I'm assuming you're using Windows, so maybe this will not be helpful, but I made a shell script a while ago that can extract audio tracks from BIN files. It will also strip the audio tracks from the BIN file, leaving only the data track. You can still access the data track from within DOSBox even though the image file is not ISO, and BIN is to be preferred since it preserves absolutely all of the binary data that's on the disc. In some cases, using ISO will trigger copy protection.

The audio tracks will be encoded to either FLAC or Ogg Vorbis, depending on what argument you give to the script. The script produces CUE sheets that are ready to be used with DOSBox. They preserve all information from the original CUE, like PREGAP commands for example.

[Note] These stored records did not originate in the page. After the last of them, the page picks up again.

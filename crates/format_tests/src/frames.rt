// Destinations, control words and the filter, in tables.
use lan_frame::*;
use vio_num::{Hrc, Mac};

// Gives the address that ends in this byte: of a group where the first byte is 1.
fn mac(first: u8, last: u8) -> Mac {
    Mac {
        bytes: [first, 0, 0, 0, 0, last],
    }
}

// Gives what a control word asks for, the action by its name.
fn asked_by(control: Control) -> (Option<bool>, Option<bool>, FilterAction) {
    (
        control.reception,
        control.filtering,
        control.filter_action(),
    )
}

static FRAME: [u8; 14] = [
    0x01, 0x02, 0x03, 0x04, 0x05, 0x06, 0x11, 0x12, 0x13, 0x14, 0x15, 0x16, 0x08, 0x00,
];

#[test]
fn destinations_are_the_first_six_bytes(rt: HostRuntime) {
    assert_eq!(rt; (HEADER_BYTES, MIN_FRAME, MAX_FRAME), (14, 14, 65_527));
    assert!(rt; destination(&FRAME).bytes == [1, 2, 3, 4, 5, 6]);
    assert!(rt; destination(&[0xFF; 60]) == BROADCAST);
    assert!(rt; destination(&[0; 60]) == ZERO);
}

// The first byte of an address and its last, whether it is of a group, of every station, and of none.
static STATIONS: [(u8, u8, bool, bool, bool); 3] = [
    (2, 1, false, false, false),
    (1, 1, true, false, false),
    (0xFF, 0xFF, true, false, false),
];

// Tells whether an address is of a group, of every station, and of none.
fn kinds_of(address: Mac) -> (bool, bool, bool) {
    (address.is_group(), is_broadcast(address), is_zero(address))
}

#[test]
fn addresses_of_every_station_and_of_none(rt: HostRuntime) {
    assert_eq!(rt; kinds_of(ZERO), (false, false, true));
    assert_eq!(rt; kinds_of(BROADCAST), (true, true, false));
    for (first, last, group, broadcast, zero) in STATIONS.iter() {
        let kinds = kinds_of(mac(*first, *last));
        assert_eq!(rt; kinds, (*group, *broadcast, *zero));
    }
}

// A control word, and what it asks for.
static CONTROLS: [(u64, Option<bool>, Option<bool>, FilterAction); 11] = [
    (0x00000, None, None, FilterAction::Nothing),
    (0x30000, None, None, FilterAction::Nothing),
    (0xF0001, Some(true), Some(true), FilterAction::Add),
    (0xC0002, Some(false), Some(false), FilterAction::Remove),
    (0xE0003, Some(true), Some(false), FilterAction::Clear),
    (0xD0000, Some(false), Some(true), FilterAction::Nothing),
    (0x80001, Some(false), None, FilterAction::Add),
    (0xA0002, Some(true), None, FilterAction::Remove),
    (0x40003, None, Some(false), FilterAction::Clear),
    (0x50001, None, Some(true), FilterAction::Add),
    (0x00002, None, None, FilterAction::Remove),
];

#[test]
fn control_words_are_read(rt: HostRuntime) {
    for (word, reception, filtering, action) in CONTROLS.iter() {
        let asked = read_control(*word).map(asked_by);
        let is_read = asked == Ok((*reception, *filtering, *action));
        assert!(rt; is_read, "{word}");
    }
}

#[test]
fn words_with_another_bit_are_refused(rt: HostRuntime) {
    for word in [
        0x100000,
        0x4,
        0x8001,
        0xF0007,
        0x8000_0000_000F_0003,
        u64::MAX,
    ] {
        assert_eq!(rt; read_control(word), Err(word));
    }
}

#[test]
fn frames_are_accepted_by_the_filter(rt: HostRuntime) {
    let own = mac(2, 1);
    let filters = [mac(1, 1), mac(1, 2)];
    for (to, reception, filtering, want) in [
        (own, false, false, true),
        (own, false, true, true),
        (BROADCAST, false, false, true),
        (BROADCAST, true, true, true),
        (ZERO, true, false, false),
        (mac(2, 2), true, false, false),
        (mac(1, 1), false, false, false),
        (mac(1, 1), false, true, false),
        (mac(1, 2), true, true, true),
        (mac(1, 3), true, true, false),
        (mac(1, 3), true, false, true),
    ] {
        assert_eq!(rt;
            accepts(own, reception, filtering, &filters, to),
            want,
            "{to:?}"
        );
    }
    assert!(rt; !accepts(own, true, true, &[], mac(1, 1)));
}

// Gives the filters of so many groups, whose addresses end in 1 to `count`.
fn groups(count: u8) -> Filters {
    let mut filters = Filters::new();
    for last in 0..count {
        filters.add(mac(1, last));
    }
    filters
}

// How many groups there are, the last byte of one that is added, the answer, and how many there are then.
static ADDED: [(u8, u8, Hrc, usize); 7] = [
    (0, 0, Hrc::Success, 1),
    (1, 0, Hrc::Success, 1),
    (1, 1, Hrc::Success, 2),
    (31, 40, Hrc::Success, 32),
    (32, 40, Hrc::Resource, 32),
    (32, 31, Hrc::Success, 32),
    (40, 32, Hrc::Resource, 32),
];

// Adds a group to so many, and tells the answer and how many there are then.
fn added(count: u8, last: u8) -> (Hrc, usize) {
    let mut filters = groups(count);
    let answer = filters.add(mac(1, last));
    (answer, filters.len())
}

#[test]
fn filters_are_added_once_each_up_to_thirty_two(rt: HostRuntime) {
    for (count, last, want, left) in ADDED.iter() {
        assert_eq!(rt; added(*count, *last), (*want, *left), "{count} {last}");
    }
}

// How many groups there are, the last byte of one that is removed, the answer, and how many there are then.
static REMOVED: [(u8, u8, Hrc, usize); 5] = [
    (0, 0, Hrc::NotFound, 0),
    (3, 3, Hrc::NotFound, 3),
    (3, 0, Hrc::Success, 2),
    (3, 2, Hrc::Success, 2),
    (32, 31, Hrc::Success, 31),
];

// Removes a group from so many, and tells the answer, how many there are then, and whether it is there still.
fn removed(count: u8, last: u8) -> (Hrc, usize, bool) {
    let mut filters = groups(count);
    let answer = filters.remove(mac(1, last));
    (answer, filters.len(), filters.contains(mac(1, last)))
}

#[test]
fn filters_are_removed_by_their_address(rt: HostRuntime) {
    for (count, last, want, left) in REMOVED.iter() {
        let seen = removed(*count, *last);
        assert_eq!(rt; seen, (*want, *left, false), "{count} {last}");
    }
}

#[test]
fn filters_stay_in_their_order(rt: HostRuntime) {
    let mut filters = groups(3);
    filters.remove(mac(1, 1));
    filters.add(mac(1, 9));
    assert_eq!(rt;
        filters.as_slice(),
        [mac(1, 0), mac(1, 2), mac(1, 9)].as_slice()
    );
    let kept = filters.copied();
    filters.clear();
    assert!(rt; filters.is_empty());
    assert_eq!(rt;
        kept.as_slice(),
        [mac(1, 0), mac(1, 2), mac(1, 9)].as_slice()
    );
    assert!(rt; kept.contains(mac(1, 9)));
}
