// Scenarios of queues, and of links of two queues: on their plain and shared forms, and by two threads.
#![tactic(auto)]

#[cfg(test)]
mod queues;
#[cfg(test)]
mod session;
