// Scenarios of a queue, which both its forms pass: each row is a step and what is seen of it.
ghost use Rattle.std.specs.Prelude.{◌≤◌, ◌^◌};

mod ends;
mod filled;
mod passing;
mod plain;
mod sessions;
mod threads;

use crq_ring::{Poll, Put};
use vio_num::{Entry, NoMemory};

/// A step of the sender or of the receiver.
#[derive(Clone, Copy)]
pub enum Step {
    /// The entry of this number is put.
    Put(u32),
    Poll,
    /// The entry of this number is put and taken, through the trait.
    Pass(u32),
    /// Each entry from one number to another does this, and all find their places.
    Each(Does, u32, u32),
    /// The next session begins.
    Begin,
    /// The session ends.
    End,
    Enter,
    Leave,
    /// The control word is read.
    Control,
    /// The last session's number is looked at, and whether the queue is open.
    Session,
    /// What the sender has put is noted, and kept.
    Keep,
    /// What was kept is learnt.
    LearnKept,
    /// What the sender has put is noted, and learnt at once.
    Learn,
    /// What the receiver has taken is noted, and known at once.
    Know,
}

/// What an entry does: it is put, or taken, or both.
#[derive(Clone, Copy)]
pub enum Does {
    Put,
    Poll,
    Pass,
}

/// What is seen of a step.
#[derive(Clone, Copy, PartialEq, Eq)]
pub enum Seen {
    /// An entry was put in this place.
    Put(u64),
    /// The slot of this place is full, with entry 0 in it.
    Full(u64),
    /// The entry of this number was taken from its place.
    Got(u64),
    /// The slot of this place is empty.
    Empty(u64),
    /// A session's number, or a control word.
    Number(u64),
    Session(u64, bool),
    Done,
    /// The step has no place here, or did not what it is for.
    Other,
}

/// A step, and what is seen of it.
pub type Row = (Step, Seen);

/// A queue of either form.
pub trait Steps {
    /// Does a step, and tells what is seen of it.
    fn step(&mut self, step: Step) -> Result<Seen, NoMemory>;
}

/// The entry of this number.
pub fn entry(k: u32) -> Entry
    ensures { 2 ^ 63 ≤ result.high }
{
    Entry {
        high: 0x8001_0000_0000_0000 + u64::from(k),
        low: u64::from(k),
    }
}

/// Tells what became of an entry.
pub fn seen_of_put(answer: Put) -> Seen {
    match answer {
        Put::Done { number } => Seen::Put(number),
        Put::Dropped { number, held } if held == entry(0).high => Seen::Full(number),
        _ => Seen::Other,
    }
}

/// Tells what a poll found.
pub fn seen_of_poll(answer: Poll) -> Seen {
    match answer {
        Poll::Got {
            number,
            entry: taken,
        } if taken.low == number && taken.high == entry(0).high.wrapping_add(number) => Seen::Got(
            number,
        ),
        Poll::Empty { number } => Seen::Empty(number),
        _ => Seen::Other,
    }
}

/// Does the steps of the rows, and gives the number of the first of which something else is seen than its row says.
pub fn first_other<S: Steps>(queue: &mut S, rows: &[Row]) -> Result<Option<usize>, NoMemory> {
    for (number, (step, want)) in rows.iter().enumerate() {
        let seen = match step {
            Step::Each(does, from, to) => each(queue, *does, *from, *to)?,
            step => queue.step(*step)?,
        };
        if seen != *want {
            return Ok(Some(number));
        }
    }
    Ok(None)
}

// Does the same with each entry from one number to another, up to the first that does not find its place.
fn each<S: Steps>(queue: &mut S, does: Does, from: u32, to: u32) -> Result<Seen, NoMemory> {
    for k in from..to {
        let (step, want) = match does {
            Does::Put => (Step::Put(k), Seen::Put(u64::from(k))),
            Does::Poll => (Step::Poll, Seen::Got(u64::from(k))),
            Does::Pass => (Step::Pass(k), Seen::Done),
        };
        if queue.step(step)? != want {
            return Ok(Seen::Other);
        }
    }
    Ok(Seen::Done)
}
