// Entries against their bytes, codes against the table, and lists that are kept.
use std::alloc::Global;
use std::test::Fail;
use vio_num::*;

static BYTES: [u8; 16] = [
    0x80, 0x01, 0, 0x99, 0, 0x1E, 0x01, 0x40, 0x0E, 0x66, 0xDE, 0xA8, 0x01, 0x02, 0x03, 0x04,
];

// The halves of an entry, its format, status, length of a unit and address.
fn fields_of(entry: Entry) -> [u64; 6] {
    [
        entry.high,
        entry.low,
        u64::from(entry.format()),
        u64::from(entry.status()),
        u64::from(entry.iu_len()),
        entry.iu_address(),
    ]
}

#[test]
fn entries_are_their_bytes(rt: HostRuntime) {
    let entry = Entry::from_bytes(&BYTES);
    let halves = (0x8001_0099_001E_0140, 0x0E66_DEA8_0102_0304);
    let fields = [halves.0, halves.1, 1, 0x99, 0x0140, 0x0E66_DEA8_0102_0304];
    assert_eq!(rt; fields_of(entry), fields);
    assert!(rt; entry.kind() == Kind::Command && entry.is_srp());
    assert!(rt; entry.to_bytes() == BYTES);
}

#[test]
fn made_entries_have_the_bytes_of_the_standard(rt: HostRuntime) {
    for (entry, high) in [
        (Entry::INITIALIZE, 0xC001_0000_0000_0000),
        (Entry::INITIALIZATION_COMPLETE, 0xC002_0000_0000_0000),
        (Entry::PARTNER_FAILED, 0xFF01_0000_0000_0000),
        (Entry::PARTNER_FREED, 0xFF02_0000_0000_0000),
        (Entry::srp(52, 7), 0x8001_0000_0000_0034),
    ] {
        assert_eq!(rt; entry.high, high);
    }
    assert_eq!(rt; Entry::srp(52, 7).low, 7);
    assert!(rt; !Entry::INITIALIZE.is_srp());
}

#[test]
fn each_first_byte_has_a_kind(rt: HostRuntime) {
    for first in 0..=255u8 {
        let want = match first {
            0 => Kind::Unused,
            128 => Kind::Command,
            192 => Kind::Init,
            255 => Kind::Event,
            _ => Kind::Reserved,
        };
        let mut bytes = [7; 16];
        bytes[0] = first;
        assert_eq!(rt; Entry::from_bytes(&bytes).kind(), want, "{first}");
    }
}

#[test]
fn codes_are_those_of_the_table(rt: HostRuntime) {
    let codes = [
        (Hrc::Success, 0),
        (Hrc::Busy, 1),
        (Hrc::Closed, 2),
        (Hrc::Function, -2),
        (Hrc::Parameter, -4),
        (Hrc::NotFound, -7),
        (Hrc::Dropped, -12),
        (Hrc::SourceParm, -13),
        (Hrc::DestParm, -14),
        (Hrc::Resource, -16),
    ];
    for (hrc, code) in codes {
        assert_eq!(rt; hrc.code(), code);
    }
}

#[test]
fn groups_have_an_odd_first_byte(rt: HostRuntime) {
    for (first, group) in [
        (0x00, false),
        (0x01, true),
        (0x02, false),
        (0x33, true),
        (0xFF, true),
    ] {
        let mac = Mac {
            bytes: [first, 1, 1, 1, 1, 1],
        };
        assert_eq!(rt; mac.is_group(), group, "{first}");
    }
}

// Pushes two bytes to an empty list.
fn pushed(alloc: Global) -> Result<Bytes, NoMemory> {
    let mut bytes = Bytes::new(alloc);
    bytes.push(7)?;
    bytes.push(9)?;
    Ok(bytes)
}

// Whether a list has the two bytes.
fn has_both(bytes: &Bytes) -> bool {
    bytes.as_slice() == [7, 9].as_slice() && bytes.len() == 2 && !bytes.is_empty()
}

// Whether a copy of a list has its bytes.
fn is_copied(alloc: Global, bytes: &Bytes) -> Result<bool, NoMemory> {
    let copy = Bytes::from_slice(alloc, bytes.as_slice())?;
    Ok(copy.as_slice() == bytes.as_slice())
}

// Whether a list with the two bytes keeps them, and its copy does.
fn keeps_both(alloc: Global) -> Result<(bool, bool), NoMemory> {
    let bytes = pushed(alloc)?;
    Ok((has_both(&bytes), is_copied(alloc, &bytes)?))
}

// Whether a list made of a vector has its items.
fn keeps_a_vector(alloc: Global) -> Result<bool, NoMemory> {
    let names = Sequence::from([1u64, 2, 3].to_vec(alloc)?);
    Ok(names.as_slice() == [1, 2, 3].as_slice())
}

#[test]
fn sequences_keep_their_items(rt: HostRuntime) -> Result<(), Fail> {
    assert!(rt; Bytes::new(rt.alloc()).is_empty());
    assert_eq!(rt; keeps_both(rt.alloc())?, (true, true));
    assert!(rt; keeps_a_vector(rt.alloc())?);
    Ok(())
}
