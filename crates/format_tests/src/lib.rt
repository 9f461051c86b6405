// Units, frames, numbers, disks and calls against worked examples and exchanges of other programs.
#![tactic(auto)]

#[cfg(test)]
mod calls;
#[cfg(test)]
mod credits;
#[cfg(test)]
mod descriptors;
#[cfg(test)]
mod disk;
#[cfg(test)]
mod frames;
#[cfg(test)]
mod numbers;
#[cfg(test)]
mod outside;
#[cfg(test)]
mod units;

So, the original disc layout can be re-created if the CUE was to be burned to a disc. And the CUE sheets include the newly created FLAC or Ogg files, so there's no need for manual editing to add them.

I've been using the script to save some space for DOS games that have CD audio.

I hope it will be helpful to at least someone:

https://github.com/linux4ever07/scripts/blob/ … ebin_extract.sh

* EDIT *

I just discovered someone else on this forum has made a similar tool. It works for Windows!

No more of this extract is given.